Le prince accueillit ma démarche par un ricanement qui lui faillit décrocher la mâchoire. Quelques personnes de la galerie l’imitèrent, esprits faibles et augurant mal.
— L’hilarité de votre excellence, repris-je avec le ton pacifique de quelqu’un qui va rapporter une anecdote, me fait souvenir de la belle humeur de Sa Sainteté Innocent VII, dans le moment qu’on la vint avertir de prendre précipitamment la route de Viterbe qui était celle par où l’on s’éloignait de la papauté. Nous crûmes que notre bon maître allait se démettre la rate… Et il le fit en effet, mais ce fut en détalant, peu après, sur cette route…
Monseigneur l’Électeur de Bavière, qui soutenait d’un bras ma maîtresse, la laissa choir tout à coup, en portant la main vers l’endroit de son épée.
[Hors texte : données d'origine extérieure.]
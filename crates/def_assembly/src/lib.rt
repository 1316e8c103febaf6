//! What a source means, said of the whole of it: where statements stand, by sums of lengths; how each is written; what
//! its words decode to; and what the pseudo instructions do to a thread. Definitions alone, in specs/;
//! docs/use/assembler.md tells the same in prose.
#![tactic(auto)]
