//! What a handler begins with, and what it ends with.

ghost use Rattle.std.specs.Prelude.{◌≡◌, ◌==◌, None, Some, if◌then◌else◌};
ghost use Rattle.def_step.specs.Handlers.{handler_registers};
ghost use Rattle.def_words.specs.Authority.{cap_address};
ghost use Rattle.def_words.specs.Capability.{with_address};

use ct_cap::{Live, Trap, set_address};

/// The program counter capability and the registers that a handler begins with.
#[derive(Drop)]
pub struct Start {
    pub pcc: Live,
    pub regs: [Live; 16],
}

/// What the handler at an address begins with: the compartment's code there; in c1 the way back, in c2 the
/// stack at the record, in c3 the compartment's globals, in c10 to c12 the trap's cause, code and register.
/// All else is zero.
pub fn fresh(
    code: Live,
    globals: Live,
    back: Live,
    c2: Live,
    at: u32,
    entry: u32,
    trap: Trap,
) -> Start
    ensures pcc { result.pcc ≡ with_address code entry }
    ensures regs { result.regs ≡ handler_registers back (with_address c2 at) globals trap }
{
    let zero = Live::integer(0);
    Start {
        pcc: set_address(code, entry),
        regs: [
            zero,
            back,
            set_address(c2, at),
            globals,
            zero,
            zero,
            zero,
            zero,
            zero,
            zero,
            Live::integer(trap.cause),
            Live::integer(trap.code),
            Live::integer(trap.register),
            zero,
            zero,
            zero,
        ],
    }
}

/// What a frame ends with whose error handler was entered: the address of c11. `None` comes exactly where the
/// address of c10 isn't 1; then the frame unwinds.
pub fn answer(c10: Live, c11: Live) -> Option<u32>
    ensures { result ≡ (if cap_address c10 == 1 then Some (cap_address c11) else None) }
{
    if c10.address() != 1 {
        return None;
    }
    Some(c11.address())
}
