//! The record of a trap.

ghost use Rattle.std.specs.Prelude.{◌≡◌, ◌+◌, ◌-◌, ◌*◌, ◌/◌, ◌%◌, ◌≤◌, None, Some, if◌then◌else◌, length};
ghost use Rattle.def_memory.specs.Granules.{holding, plain};
ghost use Rattle.def_step.specs.declared.TheConstants.{TRAP_RECORD};
ghost use Rattle.def_step.specs.Handlers.{has_room, pair, record_by, record_end, words_written};

use ct_cap::{Cap, Live, Shadow, Trap};
use ct_mem::Memory;
use ct_switch::stack_trap;
use def_step::TRAP_RECORD;

/// The address of the record of a trap, of a thread whose stack has this base and whose innermost frame this
/// top: `TRAP_RECORD` bytes below c2's address, which is rounded down to a multiple of 16. `None` comes
/// exactly where c2 isn't the stack from its base, at an address up to the top, or leaves no room for the record.
pub fn record_at(c2: Live, stack: u32, top: u32) -> Option<u32>
    ensures { result
        ≡ (if has_room stack top c2 then Some (record_end c2 - TRAP_RECORD) else None) }
{
    if stack_trap(stack, top, c2).is_some() {
        return None;
    }
    let end = c2.address() / 16 * 16;
    if (end as u64) < stack as u64 + TRAP_RECORD as u64 {
        return None;
    }
    Some(end - TRAP_RECORD)
}

/// A granule gets two words, and loses its tag.
fn put<M: Memory>(mem: &mut M, at: u32, low: u32, high: u32)
    requires even { at % 8 ≡ 0 }
    requires inside { at + 8 ≤ 8 * length (M.granules mem.old) }
    ensures is { M.granules mem.new
        ≡ holding (M.granules mem.old) (at / 8) (plain (pair low high)) }
    ensures size { length (M.granules mem.new) ≡ length (M.granules mem.old) }
{
    let word = low as u64 + ((high as u64) << 32);
    mem.store_cap(
        at,
        Cap {
            tag: false,
            word,
            shadow: Shadow { root: 0, source: 0 },
        },
    );
}

/// Writes the record of a trap at an offset from RAM's begin: the addresses of c0 to c15 and of the program
/// counter, then cause, code and register. Its granules lose their tags, and keep their marks.
pub fn write_record<M: Memory>(mem: &mut M, at: u32, regs: &[Live; 16], pc: u32, trap: Trap)
    requires even { at % 16 ≡ 0 }
    requires inside { at + TRAP_RECORD ≤ 8 * length (M.granules mem.old) }
    ensures { M.granules mem.new
        ≡ words_written (M.granules mem.old) (at / 8) (record_by regs.now pc trap) }
{
    let _size = mem.size();
    put(mem, at, regs[0].address(), regs[1].address());
    put(mem, at + 8, regs[2].address(), regs[3].address());
    put(mem, at + 16, regs[4].address(), regs[5].address());
    put(mem, at + 24, regs[6].address(), regs[7].address());
    put(mem, at + 32, regs[8].address(), regs[9].address());
    put(mem, at + 40, regs[10].address(), regs[11].address());
    put(mem, at + 48, regs[12].address(), regs[13].address());
    put(mem, at + 56, regs[14].address(), regs[15].address());
    put(mem, at + 64, pc, trap.cause);
    put(mem, at + 72, trap.code, trap.register);
}
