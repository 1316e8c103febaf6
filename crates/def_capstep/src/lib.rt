//! What the capability instructions give, as a function of their operands, by the operations on
//! capabilities of def_words. Definitions alone, in specs/; docs/use/capabilities.md tells the same in
//! prose.
#![tactic(auto)]
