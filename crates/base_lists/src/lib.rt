// Words about lists that the definitions of the other crates use, and their laws; lists over places, and buffers that a loop fills from the front.
// No code.
#![tactic(auto)]
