// A message by its numbers.
ghost use Rattle.std.specs.Prelude.{◌≡◌};
ghost use Rattle.host_numbers.specs.Numbers.{is_yes, lifetime_of, retransmissions_of, message_of_words};

use out_array::is_yes;
use queue_messages::Message;
use types::StreamId;

fn lifetime_of(given: u8, nanoseconds: u64) -> Option<u64>
    ensures { result ≡ lifetime_of (is_yes given) nanoseconds }
{
    let yes = is_yes(given);
    if yes {
        return Some(nanoseconds);
    }
    None
}

fn retransmissions_of(given: u8, limit: u16) -> Option<u16>
    ensures { result ≡ retransmissions_of (is_yes given) limit }
{
    let yes = is_yes(given);
    if yes {
        return Some(limit);
    }
    None
}

pub fn message_of(
    stream_id: u16,
    ppid: u32,
    unordered: u8,
    has_lifetime: u8,
    lifetime: u64,
    has_retransmissions: u8,
    max_retransmissions: u16,
    lifecycle_id: u64,
) -> Message
    ensures { result ≡ message_of_words stream_id ppid unordered has_lifetime lifetime has_retransmissions max_retransmissions lifecycle_id }
{
    let u = is_yes(unordered);
    let l = lifetime_of(has_lifetime, lifetime);
    let m = retransmissions_of(has_retransmissions, max_retransmissions);
    Message {
        stream_id: StreamId(stream_id),
        ppid: ppid,
        unordered: u,
        lifetime: l,
        max_retransmissions: m,
        lifecycle_id: lifecycle_id,
    }
}
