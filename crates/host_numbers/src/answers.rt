// The number of a call that changes the queue, with what goes with it.
ghost use Rattle.std.specs.Prelude.{◌≡◌};
ghost use Rattle.queue_streams.specs.Answers.{as_call, call_number};
ghost use Rattle.host_numbers.specs.Numbers.{call_out};

use out_array::{EVENTS, OUT_WORDS};
use types::Refusal;

// A call that tells nothing else.
pub fn call_number(c: Result<usize, Refusal>) -> u32
    ensures { result ≡ call_number (as_call c) }
{
    match c {
        Ok(_) => 0,
        Err(refusal) => u8::from(refusal) as u32,
    }
}

// A call that writes events.
pub fn tell_call(out: &mut [u64; OUT_WORDS], c: Result<usize, Refusal>) -> u32
    ensures { (result ≡ call_number (as_call c)) × (out.new ≡ call_out out.old (as_call c)) }
{
    if let Ok(k) = c {
        out[EVENTS] = k as u64;
    }
    call_number(c)
}
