// What saving tells.
ghost use Rattle.std.specs.Prelude.{◌≡◌};
ghost use Rattle.saving.specs.Save.{as_saved, saved_number};
ghost use Rattle.host_numbers.specs.Numbers.{saved_out};

use out_array::{OUT_WORDS, VALUE};
use types::Refusal;

pub fn tell_saved(out: &mut [u64; OUT_WORDS], s: Result<usize, Refusal>) -> u32
    ensures { (result ≡ saved_number (as_saved s)) × (out.new ≡ saved_out out.old (as_saved s)) }
{
    match s {
        Ok(length) => {
            out[VALUE] = length as u64;
            0
        }
        Err(refusal) => u8::from(refusal) as u32,
    }
}
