// The layout that a host is compiled for.
ghost use Rattle.std.specs.Prelude.{◌≡◌};
ghost use Rattle.host_numbers.specs.Layout.{layout};

// DSQ_LAYOUT of c/send_queue.h.
pub const LAYOUT: u64 = 5;

// What each library tells under a name that carries it.
pub fn host_layout() -> u64
    ensures { result ≡ layout }
{
    LAYOUT
}
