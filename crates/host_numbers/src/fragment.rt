// What goes with a fragment, in its places.
ghost use Rattle.std.specs.Prelude.{◌≡◌};
ghost use Rattle.queue_sending.specs.Answers.{as_produced};
ghost use Rattle.queue_sending.specs.Data.{produced_number};
ghost use Rattle.host_numbers.specs.Numbers.{expiry_number, expiry_time, shown, produced_out};

use out_array::{
    EVENTS, EXPIRES, EXPIRES_AT, FIRST, FSN, LAST, LENGTH, LIFECYCLE_ID, MAX_RETRANSMISSIONS,
    MESSAGE_ID, MID, OUT_WORDS, PPID, SSN, STREAM_ID, UNORDERED, VALUE,
};
use queue_sending::{DataToSend, Produced};
use types::Refusal;

fn expiry_number(e: Option<u64>) -> u64
    ensures { result ≡ expiry_number e }
{
    e.is_some() as u64
}

fn expiry_time(e: Option<u64>) -> u64
    ensures { result ≡ expiry_time e }
{
    e.unwrap_or(0)
}

// What goes with a fragment.
pub fn show(out: &mut [u64; OUT_WORDS], k: usize, d: DataToSend)
    ensures { out.new ≡ shown out.old k d }
{
    let e = d.expires_at;
    let expires = expiry_number(e);
    let at = expiry_time(e);
    let data = d.data;
    let key = data.stream_key;
    let id = key.id();
    let unordered = key.is_unordered();
    out[VALUE] = 1;
    out[EVENTS] = k as u64;
    out[LENGTH] = data.length;
    out[MESSAGE_ID] = d.message_id.0 as u64;
    out[STREAM_ID] = id.0 as u64;
    out[UNORDERED] = unordered as u64;
    out[SSN] = data.ssn.0 as u64;
    out[MID] = data.mid.0 as u64;
    out[FSN] = data.fsn.0 as u64;
    out[PPID] = data.ppid as u64;
    out[FIRST] = data.is_beginning as u64;
    out[LAST] = data.is_end as u64;
    out[MAX_RETRANSMISSIONS] = d.max_retransmissions as u64;
    out[EXPIRES] = expires;
    out[EXPIRES_AT] = at;
    out[LIFECYCLE_ID] = d.lifecycle_id;
}

// Where nothing waits the value is 0, and what goes with a fragment stays as it was.
pub fn tell_produced(out: &mut [u64; OUT_WORDS], p: Result<Produced, Refusal>) -> u32
    ensures { (result ≡ produced_number (as_produced p)) × (out.new ≡ produced_out out.old (as_produced p)) }
{
    match p {
        Ok(Produced::Nothing(k)) => {
            out[VALUE] = 0;
            out[EVENTS] = k as u64;
            0
        }
        Ok(Produced::Fragment(k, d)) => {
            show(out, k, d);
            0
        }
        Err(refusal) => u8::from(refusal) as u32,
    }
}
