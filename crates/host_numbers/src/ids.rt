// Ids that are told place by place.
ghost use Rattle.std.specs.Prelude.{◌≡◌, length, ◌≤◌};
ghost use Rattle.host_numbers.specs.Numbers.{with_first};

use queue_words::limits::STREAM_ROWS;

// The first `count` places; the others stay.
pub fn copy_first(to: &mut [u16], from: &[u16], count: usize)
    requires { (count ≤ length to.old) × (count ≤ length from.now) }
    ensures { to.new ≡ with_first to.old count from.now }
{
    to[..count].copy_from_slice(&from[..count]);
}

// Does nothing at run time; gives a proof that there are 256 places.
fn whole(ids: &[u16; STREAM_ROWS])
    ensures { length ids.now ≡ 256 }
{
    let _ids: &[u16] = ids;
}

// The ready ids, which are the first `count`.
pub fn tell_ids(ids: &mut [u16; STREAM_ROWS], from: &[u16; STREAM_ROWS], count: usize)
    requires { count ≤ 256 }
    ensures { ids.new ≡ with_first ids.old count from.now }
{
    whole(&*ids);
    whole(from);
    copy_first(ids, from, count);
}
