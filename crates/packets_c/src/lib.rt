// Filling a packet, for a host in C or Rust (header: c/send_queue.h): a library of its own, so that the next fragment has one caller in its library
// (send_queue_c) and is compiled into dsq_produce.
#![tactic(auto)]

ghost use Rattle.packets.specs.Filling.{fill_packet};
ghost use Rattle.packet_numbers.specs.Packets.{packet_with, GivesPacket};

use linked_packets::fill_packet;
use out_array::OUT_WORDS;
use packet_numbers::{packet_of, tell_filled};
use queue_words::QUEUE_WORDS;

#[unsafe(no_mangle)]
pub extern "C" fn dsq_fill_packet(
    queue: &mut [u64; QUEUE_WORDS],
    store: &[u8],
    events: &mut [u64],
    packet: &mut [u8],
    out: &mut [u64; OUT_WORDS],
    time: u64,
    limit: u64,
    source_port: u16,
    destination_port: u16,
    verification_tag: u32,
    tsn: u32,
) -> u32
    ensures { GivesPacket (fill_packet queue.old store.now events.old packet.old time (packet_with limit source_port destination_port verification_tag tsn)) out.old result queue.new events.new packet.new out.new }
{
    let p = packet_of(limit, source_port, destination_port, verification_tag, tsn);
    let a = fill_packet(queue, store, events, packet, time, p);
    tell_filled(out, a)
}
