// What the libraries for C and for the Rust crate share: a message by its numbers, what goes with an answer in named places of an array, and the layout's number.
#![tactic(auto)]

pub mod answers;
pub mod fragment;
pub mod ids;
pub mod image;
pub mod layout;
pub mod message;

pub use answers::{call_number, tell_call};
pub use fragment::{show, tell_produced};
pub use ids::{copy_first, tell_ids};
pub use image::tell_saved;
pub use layout::host_layout;
pub use message::message_of;
pub use out_array::is_yes;
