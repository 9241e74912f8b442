// Block after block, and the block of a kind. The calls that walk so have no mapping, so a header is not read as `MAPPED`.
ghost use Rattle.std.specs.Prelude.{◌≡◌, ◌<◌};
ghost use Rattle.runtime.specs.Reads.{run};
ghost use Rattle.runtime.specs.Runtime.{tried};
ghost use Rattle.classtrailers.specs.Blocks.{row_at, row_number, passed, after, step_at, next_block, block};

use crate::block::{Block, BlockKind};
use crate::decode::read_block;
use crate::trailing::{Trailing, has_block, kind_there, number_of};
use runtime::SwiftRuntime;

// How many kinds of blocks there are.
pub const ROWS: u32 = 11;

// A walk over the blocks: the number of the kind that comes next, and the address of what follows.
#[derive(Clone, Copy)]
pub struct BlockIter {
    pub trailing: Trailing,
    pub row: u32,
    pub address: u64,
}

// A block, and the walk from its end on.
#[derive(Clone, Copy)]
pub struct BlockStep {
    pub block: Block,
    pub next: BlockIter,
}

// The walk from a block's end on, with the kind that comes next; it is over if that end is past the last address.
fn after(trailing: Trailing, row: u32, end: Option<u64>) -> BlockIter
    ensures { result ≡ after trailing row end }
{
    match end {
        Some(address) => BlockIter {
            trailing,
            row,
            address,
        },
        None => BlockIter {
            trailing,
            row: ROWS,
            address: 0,
        },
    }
}

// A block that is present, of the kind with this number, and the walk from its end on.
fn step_at(
    rt: &SwiftRuntime,
    trailing: Trailing,
    row: u32,
    kind: BlockKind,
    address: u64,
) -> Option<BlockStep>
    requires { (row < 11) × (row ≡ row_number kind) }
    ensures { result ≡ step_at rt.now.image.now (tried rt.now) trailing row address }
{
    let found = read_block::<false>(rt, kind, address)?;
    Some(BlockStep {
        block: found.block,
        next: after(trailing, row + 1, found.end),
    })
}

impl BlockIter {
    // The walk over the blocks that start at an address.
    pub fn start(trailing: Trailing, address: u64) -> BlockIter
        ensures { result ≡ record { trailing = trailing; row = 0; address = address } }
    {
        BlockIter {
            trailing,
            row: 0,
            address,
        }
    }

    // The next block that is present.
    pub fn next(self, rt: &SwiftRuntime) -> Option<BlockStep>
        ensures { result ≡ next_block rt.now.image.now (tried rt.now) self }
    {
        for row in self.row..ROWS {
            if let Some(kind) = kind_there(self.trailing, row) {
                return step_at(rt, self.trailing, row, kind, self.address);
            }
        }
        None
    }
}

// Where the next block starts: past the block with this number, if it is present.
fn pass(rt: &SwiftRuntime, trailing: Trailing, row: u32, address: u64) -> Option<u64>
    ensures { result ≡ run rt.now.image.now (tried rt.now) (passed trailing (row_at row) address) }
{
    let Some(kind) = kind_there(trailing, row) else {
        return Some(address);
    };
    read_block::<false>(rt, kind, address)?.end
}

// The block of a kind, for a descriptor whose blocks start at an address. Only the headers of the blocks before it are read.
pub fn block_of_kind(
    rt: &SwiftRuntime,
    trailing: Trailing,
    start: u64,
    kind: BlockKind,
) -> Option<Block>
    ensures { result ≡ run rt.now.image.now (tried rt.now) (block trailing start kind) }
{
    if !has_block(trailing, kind) {
        return None;
    }
    let mut address = start;
    for row in 0..number_of(kind) {
        address = pass(rt, trailing, row, address)?;
    }
    let found = read_block::<false>(rt, kind, address)?;
    Some(found.block)
}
Vous pensez qu’on n’a point d’épée à Bade où chacun n’use que de ses forces naturelles. Ce seigneur fut fort dépité de ne se point sentir de lame au flanc, et divers sentiments se succédèrent sur sa figure, durant qu’il lisait sur la mienne que je n’en avais qu’un bien net. Personne ne rit plus.
Que dis-je ? Le prince se résolut à ce parti finalement ; mais sans sarcasmes, et tout en gentillesse. Je m’avançai prendre à ses pieds la voluptueuse Lola et, l’emportant dans mes bras, je chantai sur mon chemin et en plusieurs langues, la louange de ces eaux de Bade qui, mettant tout à nu, ne font pas d’exception pour la couardise des Grands.
Lola fut grondée par madame de la Tourmeulière qui, cependant, lui passait le dos de la main sur la gorge. Une dame de Paris que l’on n’avait point vue encore, pas même monsieur Gerson, pour qui elle était venue, n’hésita pas à faire honte de sa conduite à la pauvre petite, et dit que, pour elle, elle ne la toucherait point seulement avec des pincettes.
— Holà ! mesdames, dit Lola en pleurant, je ne puis point, en vérité, me retenir d’être portée vers ces messieurs !…
On l’embrassa et la consola, d’autant plus que personne ne pouvait nier qu’elle eût les hanches les plus belles du monde.